Значит та железяка, что лежит в коробочке, и есть нож Субэдэя – понял я. И Иван Семенович что-то об этом говорил.
– Зажили давно мои раны, – говорю, а сам уже скидываю с себя одежду.
– Ты всегда был мужчиной, – отвечает Хан, - и всегда скрывал свои раны. Но я вижу их, вот они – злой металл пронзил твою грудь, плечо, ногу. Рядом с сердцем ты носишь кусочек металла, который в любой момент может тебя убить.
Это он про мои ранения рассказал. Да, носил я осколочек рядом с сердцем. Врачи боялись его трогать – опасно. Так и жил с ним.
Провел меня Хан между двух валунов к колодцу, и ведь что удивительно – кругом солнце палит, а под каменной плитой – не жарко, и вода прохладная, чистая, словно озерцо маленькое. Окунулся я в воду и будто заново народился. Вышел посвежевший, усталости никакой, будто помолодел!
– Спасибо тебе, Хан. – Поблагодарил я кота. – Только не Субэдэй я все-таки.
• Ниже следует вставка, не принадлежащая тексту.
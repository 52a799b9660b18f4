// Where a node starts, and the token of a type.
#![tactic(auto)]

ghost use Rattle.std.specs.Prelude.{◌≡◌, ◌≤◌};
ghost use Rattle.std.specs.Bool.{⊤};
ghost use Rattle.lex.specs.Answer.{answered, answer};
ghost use Rattle.ast.specs.Decode.{node_at, type_at};
ghost use Rattle.ast.specs.Answer.{lent_of, cells_of};
ghost use Rattle.lookups.specs.Lookup.{inside, record_asked, token_start, match_start};
ghost use Rattle.lookups.specs.Lookup.{well_formed_token, start_at};
ghost use Rattle.lookups.specs.Lookup.{node_start, type_token, start_answer};
ghost use Rattle.lookups.specs.Descent.{start_or, as_start, as_type_token, step_from, step_of};
ghost use Rattle.lookups.specs.Descent.{Innermost, inner_of, inner_or, own_token};

use ast::decode::{node, token_at, type_expr};
use ast::schema::CASE_WIDTH;
use ast::{Node, NodeId, Run, Tree, TypeExpr, TypeExprId};
use lex::{Refusal, Token, as_str_len, well_formed};

// Record `i` of an array is asked about: `width` cells a record, of which `count` are in use. These
// are values, since the array is either the nodes or the types of the tree.
#[tactic(auto, unfolding(crate::specs::Lookup::record_asked, ast::specs::Answer::unless))]
fn check_record(
    tree: &Tree,
    count: u32,
    width: usize,
    records: &[u32],
    i: u32,
) -> Result<(), Refusal>
    requires { width ≤ 16 }
    ensures { let asked = record_asked {A = ⊤} (lent_of tree.now) count width records.now i in
        answered result ≡ asked (answer tt) }
{
    tree.refusal()?;
    if count <= i {
        return Err(Refusal::Outside);
    }
    if records.len() < width * i as usize + width {
        return Err(Refusal::Outside);
    }
    Ok(())
}

// The start of a token, of which an array holds the low 32 bits: `%`, since `try_from` refuses a
// start that has more, and the script here has any length.
#[tactic(auto, unfolding(crate::specs::Lookup::token_start, crate::specs::Descent::as_start))]
fn token_start(script: &[u8], t: Token) -> Result<Option<u32>, Refusal>
    ensures { result ≡ as_start (token_start script.now t) }
{
    if well_formed(script, t) {
        Ok(Some((t.start % 4294967296) as u32))
    } else {
        Err(Refusal::Malformed)
    }
}

// A run of members lies in the cells, `width` cells a member.
fn is_inside(width: usize, cells: &[u32], run: Run) -> bool
    requires { width ≤ 16 }
    ensures { result ≡ inside width cells.now run }
{
    run.start as usize + run.len as usize * width <= cells.len()
}

// The token of the first case, or that of the default.
#[tactic(auto, unfolding(crate::specs::Lookup::match_start, crate::specs::Descent::as_start))]
fn match_start(tree: &Tree, cases: Run, default: Token) -> Result<Option<u32>, Refusal>
    ensures { let cells = cells_of (lent_of tree.now) in
        result ≡ as_start (match_start tree.now.script.now cells cases default) }
{
    let cells = tree.cells();
    if !is_inside(CASE_WIDTH, cells, cases) {
        return Err(Refusal::Malformed);
    }
    if cases.len == 0 {
        return token_start(tree.script, default);
    }
    token_start(tree.script, token_at(cells, cases.start as usize))
}

// The record of node `id`: the child whose start it has, where it has that of a child. Else `start`
// becomes its own, unless it has none; an operator's stands there for that of a child with none.
#[tactic(auto, unfolding(crate::specs::Descent::step_of, crate::specs::Descent::array_step, crate::specs::Descent::as_start))]
fn start_step(tree: &Tree, id: NodeId, start: &mut Result<Option<u32>, Refusal>) -> Option<NodeId>
    ensures { let lent = lent_of tree.now in
        let read = node_at lent.nodes id.0 in
        step_from result start.new ≡ step_of lent.script (cells_of lent) start.old read }
{
    let Some(record) = node(tree.nodes, id) else {
        *start = Err(Refusal::Malformed);
        return None;
    };
    match record {
        Node::Atom { raw: token, .. }
        | Node::Ident { name: token, .. }
        | Node::Unary { op: token, .. }
        | Node::Let { name: token, .. }
        | Node::Fn { name: token, .. }
        | Node::Cast { src: token, .. }
        | Node::Import { src: token, .. }
        | Node::Extern { src: token, .. }
        | Node::Record { src: token, .. } => {
            *start = token_start(tree.script, token);
            None
        }
        Node::Bin { op, lhs, .. } => {
            *start = token_start(tree.script, op);
            Some(lhs)
        }
        Node::Match {
            cases,
            default_token,
            ..
        } => {
            *start = match_start(tree, cases, default_token);
            None
        }
        Node::Call { target, .. } | Node::Field { target, .. } => Some(target),
        Node::Array { members, .. } => {
            let cells = tree.cells();
            if !is_inside(1, cells, members) {
                *start = Err(Refusal::Malformed);
                return None;
            }
            if members.len == 0 {
                return None;
            }
            Some(NodeId(cells[members.start as usize]))
        }
    }
}

// Where node `id` starts, into `start`, which stays where the node has no start. The call is the
// last thing done, and passes nothing that lies in this function's frame, so that a long chain
// takes no stack. A start that is passed on and answered lies there: then a chain of 32,767 links
// does not fit into 256 KiB.
fn find_start(tree: &Tree, id: NodeId, start: &mut Result<Option<u32>, Refusal>)
    ensures { let lent = lent_of tree.now in
        let read = start_at lent.script (cells_of lent) lent.nodes id.0 in
        start.new ≡ start_or start.old (as_start read) }
{
    let Some(child) = start_step(tree, id, start) else {
        return;
    };
    if child.0 < id.0 {
        find_start(tree, child, start)
    } else {
        *start = Err(Refusal::Malformed)
    }
}

// Where a node starts.
pub fn node_start(tree: &Tree, id: NodeId) -> Result<Option<u32>, Refusal>
    ensures { start_answer result ≡ node_start (lent_of tree.now) id.0 }
{
    check_record(tree, tree.counts.nodes, Node::WIDTH, tree.nodes, id.0)?;
    let mut start = Ok(None);
    find_start(tree, id, &mut start);
    start
}

#[tactic(auto, unfolding(crate::specs::Lookup::well_formed_token, crate::specs::Lookup::spelled, crate::specs::Descent::as_type_token))]
fn check_token(script: &[u8], t: Token) -> Result<Token, Refusal>
    ensures { result ≡ as_type_token (well_formed_token script.now t) }
{
    if well_formed(script, t) {
        Ok(Token {
            len: as_str_len(t),
            ..t
        })
    } else {
        Err(Refusal::Malformed)
    }
}

// What an Option or an Array holds.
#[tactic(auto, unfolding(crate::specs::Descent::inner_of))]
fn inner_of(types: &[u32], id: TypeExprId) -> Option<TypeExprId>
    ensures { inner_or id.0 result ≡ inner_of (type_at types.now id.0) id.0 }
{
    match type_expr(types, id)? {
        TypeExpr::Option(inner) | TypeExpr::Array(inner) => Some(inner),
        TypeExpr::Atom(_) | TypeExpr::Foreign(_) | TypeExpr::Record { .. } => None,
    }
}

// The type whose token type `id` has: the first on the way down that holds none below its own
// number. The call is the last thing done, and passes nothing that lies in this function's frame,
// so that a long chain takes no stack.
fn innermost(tree: &Tree, id: TypeExprId) -> TypeExprId
    ensures { Innermost tree.now.types.now id.0 result.0 }
{
    match inner_of(tree.types, id) {
        Some(inner) if inner.0 < id.0 => innermost(tree, inner),
        _ => id,
    }
}

// The token of a type that holds none below its own number.
#[tactic(auto, unfolding(crate::specs::Descent::own_token, crate::specs::Descent::as_type_token))]
fn token_here(script: &[u8], types: &[u32], id: TypeExprId) -> Result<Token, Refusal>
    ensures { let token = own_token script.now (type_at types.now id.0) in
        result ≡ as_type_token token }
{
    match type_expr(types, id) {
        Some(TypeExpr::Atom(src) | TypeExpr::Foreign(src) | TypeExpr::Record { src, .. }) => {
            check_token(script, src)
        }
        Some(TypeExpr::Option(_) | TypeExpr::Array(_)) | None => Err(Refusal::Malformed),
    }
}

// The token of a type.
pub fn type_token(tree: &Tree, id: TypeExprId) -> Result<Token, Refusal>
    ensures { answered result ≡ type_token (lent_of tree.now) id.0 }
{
    check_record(tree, tree.counts.types, TypeExpr::WIDTH, tree.types, id.0)?;
    token_here(tree.script, tree.types, innermost(tree, id))
}
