// Reads a list of scripts on standard input and prints of each what the lexer yields, the listing
// of strict mode, the start of each node and the token of each type where strict mode accepts, and
// the listing of collecting mode. A script is a frame of at most 960 bytes. What is framed
// otherwise ends the program. Each reading is made again in two steps, and `(differs)` printed
// where these leave something else.
#![tactic(auto)]

use ast::lent::Tree;
use ast::{Counts, NodeId, Parsed, TypeExprId};
use console::frames::{ReadError, each_case, read_frame};
use console::output::{print_answer, print_start};
use console::tokens::TokenForm;
use list_script::{Buffers, MAX_SCRIPT};
use listing::Failure;
use lookups::{node_start, type_token};
use std::io;
use std::io::Read;
use tokens::cut;

// As many scripts as are read: what follows them is not.
const MAX_SCRIPTS: u64 = 1_000_000_000_000;

// What the arrays of the second reading hold before it.
const RUBBISH: u32 = u32::MAX;

fn print_starts(rt: &impl Print, tree: &Tree) -> io::Result<()> {
    for i in 0..tree.counts.nodes {
        print!(rt; "(start {i} ")?;
        print_start(rt, node_start(tree, NodeId(i)))?;
        println!(rt; ")")?;
    }
    Ok(())
}

fn print_type_tokens(rt: &impl Print, tree: &Tree) -> io::Result<()> {
    for i in 0..tree.counts.types {
        print!(rt; "(typetoken {i} ")?;
        print_answer(
            rt,
            type_token(tree, TypeExprId(i)),
            |t| print!(rt; "{}", TokenForm(t)),
        )?;
        println!(rt; ")")?;
    }
    Ok(())
}

// The start of each node and the token of each type.
fn print_lookups(
    rt: &impl Print,
    script: &[u8],
    buffers: &Buffers,
    counts: Counts,
) -> io::Result<()> {
    let tree = Tree {
        script,
        nodes: &buffers.nodes,
        types: &buffers.types,
        lists: &buffers.lists,
        roots: &buffers.roots,
        counts,
    };
    print_starts(rt, &tree)?;
    print_type_tokens(rt, &tree)
}

// The script is cut, and then read from the tables by `read`, into other arrays: answer, tables and
// arrays have to be those that one step left. Its arrays lie on the stack for this alone, and not
// while the listing is printed.
#[inline(never)]
fn read_again<R>(
    rt: &impl Print,
    script: &[u8],
    answer: Parsed,
    buffers: &Buffers,
    read: R,
) -> io::Result<()>
where
    R: FnOnce(&mut Buffers, &[u8]) -> Parsed,
    requires { R.IsAlwaysCallable read }
{
    let mut again = Buffers::filled(RUBBISH);
    let _ = cut(script, &mut again.tokens, &mut again.errors);
    let answer_again = read(&mut again, script);
    if answer != answer_again || *buffers != again {
        println!(rt; "(differs)")?;
    }
    Ok(())
}

// Strict mode in one step and in two, and the lookups on the arrays that it leaves. The steps of
// this mode and of the other are functions of the parser, which take each array by itself.
fn print_strict(rt: &impl Print, script: &[u8]) -> io::Result<()> {
    let mut buffers = Buffers::filled(0);
    let answer = buffers.parse(script);
    list_script::print(rt, answer.map_err(Failure::from), &buffers.arrays())?;
    println!(rt; "(starts)")?;
    if let Ok(counts) = answer {
        print_lookups(rt, script, &buffers, counts)?;
    }
    read_again(rt, script, answer, &buffers, |again, script| {
        parser::read(
            script,
            &again.tokens,
            &again.errors,
            &mut again.nodes,
            &mut again.types,
            &mut again.lists,
            &mut again.roots,
            &mut again.diagnostics,
        )
    })
}

// Collecting mode in one step and in two.
fn print_collecting(rt: &impl Print, script: &[u8]) -> io::Result<()> {
    let mut buffers = Buffers::filled(0);
    let answer = buffers.parse_collect(script);
    list_script::print(rt, answer.map_err(Failure::from), &buffers.arrays())?;
    read_again(rt, script, answer, &buffers, |again, script| {
        parser::read_collect(
            script,
            &again.tokens,
            &again.errors,
            &mut again.nodes,
            &mut again.types,
            &mut again.lists,
            &mut again.roots,
            &mut again.diagnostics,
        )
    })
}

// The next script, with number `i`. Answers whether there was one.
fn replay(rt: &impl Print, input: &mut impl Read, i: u64) -> Result<bool, ReadError> {
    let mut buf = [0u8; MAX_SCRIPT];
    let Some(n) = read_frame(input, &mut buf)? else {
        return Ok(false);
    };
    let script = &buf[..n];
    println!(rt; "(script {i})")?;
    println!(rt; "(tokens)")?;
    console::tokens::print_script(rt, script)?;
    println!(rt; "(strict)")?;
    print_strict(rt, script)?;
    println!(rt; "(collect)")?;
    print_collecting(rt, script)?;
    Ok(true)
}

fn main(rt: HostRuntime) -> io::Result<()> {
    let mut input = rt.stdin();
    each_case(&rt, |i| Ok(i < MAX_SCRIPTS && replay(&rt, &mut input, i)?))
}
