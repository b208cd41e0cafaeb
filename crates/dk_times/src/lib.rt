//! The times of versions (Delta Lake's PROTOCOL.md, "In-Commit Timestamps"): which timestamp a commit gets, so that
//! timestamps only rise whatever the clocks of their writers say, and which times versions have whose commits say none.
#![tactic(auto)]

pub mod laws;
mod next;
mod stamps;

pub use next::next_timestamp;
pub use stamps::stamped_times;
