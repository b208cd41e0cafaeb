//! The timestamp of a commit.

ghost use Rattle.std.specs.Prelude.{◌≡◌, ◌≤ℤ◌, ◌<ℤ◌, IfSome, Some};
ghost use Rattle.dk_times.specs.Next.{IsAfter, timestamp_after};

/// The timestamp of a commit that is made at the moment `now`, after one of the timestamp `before`: the greater of `now`
/// and one millisecond after `before`, both in milliseconds since 1970-01-01T00:00:00Z (Delta Lake's PROTOCOL.md,
/// "In-Commit Timestamps"). None exactly where `before` is the greatest i64, since no timestamp is later. Takes no
/// memory.
pub fn next_timestamp(now: i64, before: Option<i64>) -> Option<i64>
    ensures exact { result ≡ timestamp_after now before }
    ensures rises { IfSome result (λ time. IsAfter before time) }
    ensures current { IfSome result (λ time. now ≤ℤ time) }
{
    match before {
        None => Some(now),
        Some(before) => later_than(now, before),
    }
}

/// The greater of `now` and one more than `before`.
fn later_than(now: i64, before: i64) -> Option<i64>
    ensures exact { result ≡ timestamp_after now (Some before) }
    ensures rises { IfSome result (λ time. before <ℤ time) }
    ensures current { IfSome result (λ time. now ≤ℤ time) }
{
    if before == i64::MAX {
        return None;
    }
    if before < now {
        Some(now)
    } else {
        Some(before + 1)
    }
}
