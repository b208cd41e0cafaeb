//! Worked times of versions. None of these functions does anything when it runs.

ghost use Rattle.dk_times.specs.TimesExample.{AtTheEnds, BehindTheGap, ByStamps, FromStart, OfEvents, SinceAVersion};

/// The times of versions and the version at a moment (Delta Lake's PROTOCOL.md, "In-Commit Timestamps"): of a table whose
/// commits say their times from the start, never, and from a version on; of a log with a gap; and at the ends of the ranges.
pub fn worked_times()
    ensures from_start { FromStart }
    ensures by_stamps { ByStamps }
    ensures since_a_version { SinceAVersion }
    ensures of_events { OfEvents }
    ensures behind_the_gap { BehindTheGap }
    ensures at_the_ends { AtTheEnds }
{}
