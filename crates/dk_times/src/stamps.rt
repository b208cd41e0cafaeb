//! Times by the stamps of objects.

ghost use Rattle.std.specs.Prelude.{◌≡◌, IfOk, None};
ghost use Rattle.dk_times.specs.Times.{raised, raised_from};

use crate::next::next_timestamp;
use std::alloc::{AllocError, Global};

/// A stamp, raised to one millisecond after the time before, but never above the greatest i64.
fn raised(before: Option<i64>, stamp: i64) -> i64
    ensures { result ≡ raised before stamp }
{
    match next_timestamp(stamp, before) {
        Some(time) => time,
        None => i64::MAX,
    }
}

/// The times of versions whose commits don't say them, from the stamps of their commits' objects, both oldest first and in
/// milliseconds since 1970-01-01T00:00:00Z: each stamp is raised to one millisecond after the time before it, but never above
/// the greatest i64 (Delta Lake's PROTOCOL.md, "In-Commit Timestamps"). As many times as stamps. `Err` says that memory was
/// wanted and not had.
pub fn stamped_times(alloc: Global, stamps: &[i64]) -> Result<Vec<i64>, AllocError>
    ensures { IfOk result (λ times. times.items ≡ raised_from None stamps.now) }
{
    let mut times = Vec::new(alloc);
    let mut before = None;
    'stamps: for stamp in stamps {
        let time = raised(before, *stamp);
        times.push(time)?;
        before = Some(time);
    }
    Ok(times)
}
– Я знаю. – Отвечает кот. – Но ты – воин, и у тебя его нож, на котором есть моя метка.
– Нож придется отдать, – говорю. – Археологам он нужен. Опять – же обещал доставить его в целости.
– Это ничего, – мурлычет кот. Провел он когтями по камушку, который лежал у его ног - на нем глубокие царапины остались. – Возьми его и храни. А как будет необходимость залечить раны – приходи с ним. У кого будет этот камень – того я пущу к колодцу.
Попросил я у него разрешения набрать воды, залил в радиатор и с собой еще прихватил канистру – на всякий случай. Она, кстати, не понадобилась – затянуло трещину в радиаторе, от этой воды, наверное.
Попрощался я с котом, поблагодарил его за все, прихватил ящичек с ножом и камушек не забыл. Передал нож Субэдэя в музей Сергею Ивановичу, а камушек тот оставил.
Каюсь – сболтнул про камень в тот же вечер, будучи во хмелю, при большой компании командировочных шоферов. На другой день изъяли его у меня «представители власти» и заставили бумагу подписать «о неразглашении». Где он теперь – не знаю. А сколько фронтовиков, от ран страдающих, мог бы избавить он от мучений!
Искал я потом тот колодец - не нашел. Местных расспрашивал – молчат, будто не знают. Хотелось мне еще раз встретить Хана, узнать у него – откуда он взялся, почему вода в колодце целебная, почему только воинов он к нему допускает? Теперь уже поздно. Степь она большая, а загадок в ней и того больше. Думал, было, Ивана Семеновича расспросить, но поостерегся – подписку все-таки дал.
Рентген, кстати, после этого мой осколочек не смог найти. Нет его, будто и не было никогда!
Такая вот история. Иногда думаю – может привиделось это мне? Но осколочка – то нет! Только запись в медицинской карте осталась.
Той же осенью прибился к нашему дому кот. Черный, крупный, с мудрым взглядом. Назвал его - Хан».